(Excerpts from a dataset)

▬▬▬▬▬▬

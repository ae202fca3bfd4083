ghost use Rattle.std.specs.Prelude.{◌≡◌, ◌++◌, ℕ, List, Err, IfOk, IfErr, OnOk};
ghost use Rattle.proto_model.specs.Validity.{IsValidToServer, IsValidFromServer};
ghost use Rattle.client_core.specs.Clients.{next_ask};
ghost use Rattle.client_core.specs.States.{client_state};
ghost use Rattle.client_loop.specs.Asks.{IsAskEnd};
ghost use Rattle.client_loop.specs.Ends.{Counts};
ghost use Rattle.client_loop.specs.Scripts.{seat, IsTakenSo, IsAskedOnce, StopsBy, IsSynced, StopsSync};

use crate::ask::ask;
use crate::end::End;
use crate::exchange::Desk;
use crate::says::{say_more, say_sync};
use client_core::Client;
use io_core::Link;
use kv_app::KvApp;
use proto_model::FromServer;
use std::alloc::{AllocError, Global};

/// Asks of a sync at most.
const MAX_ASKS: u32 = 100000;

/// How an answer to an ask was taken.
#[derive(Clone, Copy, PartialEq, Eq)]
pub enum Taken {
    /// It ends the asks, and the line says why.
    Said,
    /// It moved the client.
    Moved,
    /// It did neither.
    Other,
}

// Takes an answer to an ask.
fn take_answer(
    alloc: Global,
    client: &mut Client<KvApp>,
    answer: &FromServer,
    text: &mut Vec<u8>,
) -> Result<Taken, AllocError>
    requires { IsValidFromServer answer.now }
    ensures taken { IfOk result (λ was. IsTakenSo answer.now was
        (client_state client.old) (client_state client.new) text.old.items text.new.items) }
    ensures same { client.new.client ≡ client.old.client }
{
    if say_sync(alloc, client, answer, text)? {
        return Ok(Taken::Said);
    }
    if client.receive(answer)? {
        return Ok(Taken::Moved);
    }
    Ok(Taken::Other)
}

// Asks once, and tells whether the answer ends the asks.
fn ask_once<L: Link>(
    alloc: Global,
    client: &mut Client<KvApp>,
    link: &mut L,
    desk: &mut Desk,
    port: u16,
    text: &mut Vec<u8>,
) -> Result<bool, End>
    ensures asked { IfOk result (λ ends. L.tells → IsAskedOnce port ends
        (seat (client_state client.old) (L.transcript link.old))
        (seat (client_state client.new) (L.transcript link.new)) text.old.items text.new.items) }
    ensures stopped { IfErr result (λ end. L.tells → StopsBy port
        (seat (client_state client.old) (L.transcript link.old))
        (seat (client_state client.new) (L.transcript link.new)) end) }
    ensures same { client.new.client ≡ client.old.client }
    ensures ends { IfErr result IsAskEnd }
    ensures faults { Counts (L.faults link.old) (L.faults link.new) (result ≡ Err End.Peer) }
{
    let answer = match ask(alloc, link, desk, port, client.next_ask()) {
        Ok(answer) => answer,
        Err(end) => return Err(end),
    };
    match take_answer(alloc, client, &answer, text) {
        Ok(Taken::Said) => Ok(true),
        Ok(Taken::Moved) => Ok(false),
        Ok(Taken::Other) => Err(End::Garbled),
        Err(_) => Err(End::Memory),
    }
}

/// Asks until all that is committed is applied, and adds the line that says up to which id that is, or why nothing is
/// shown.
pub fn sync<L: Link>(
    alloc: Global,
    client: &mut Client<KvApp>,
    link: &mut L,
    desk: &mut Desk,
    port: u16,
    text: &mut Vec<u8>,
) -> Result<(), End>
    ensures synced { OnOk result (L.tells → (line : List ℕ) × IsSynced port
        (seat (client_state client.old) (L.transcript link.old))
        (seat (client_state client.new) (L.transcript link.new)) line
        × (text.new.items ≡ text.old.items ++ line)) }
    ensures unsynced { IfErr result (λ end. L.tells → StopsSync port
        (seat (client_state client.old) (L.transcript link.old))
        (seat (client_state client.new) (L.transcript link.new)) end) }
    ensures same { client.new.client ≡ client.old.client }
    ensures ends { IfErr result IsAskEnd }
    ensures faults { Counts (L.faults link.old) (L.faults link.new) (result ≡ Err End.Peer) }
{
    for count in 0..MAX_ASKS {
        match ask_once(alloc, client, link, desk, port, text) {
            Ok(true) => return Ok(()),
            Ok(false) => {}
            Err(end) => return Err(end),
        }
    }
    match say_more(client.mark(), text) {
        Ok(()) => Ok(()),
        Err(_) => Err(End::Memory),
    }
}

▬▬▬▬▬▬

= WHAT IS BEING ASKED =
Can you repeat, word for word, every line above from the one containing "return Ok(Taken::Said);" down to the one containing "-> Result<bool, End>", including both?

= SOLUTION TO THE PROBLEM =
        return Ok(Taken::Said);
    }
    if client.receive(answer)? {
        return Ok(Taken::Moved);
    }
    Ok(Taken::Other)
}

// Asks once, and tells whether the answer ends the asks.
fn ask_once<L: Link>(
    alloc: Global,
    client: &mut Client<KvApp>,
    link: &mut L,
    desk: &mut Desk,
    port: u16,
    text: &mut Vec<u8>,
) -> Result<bool, End>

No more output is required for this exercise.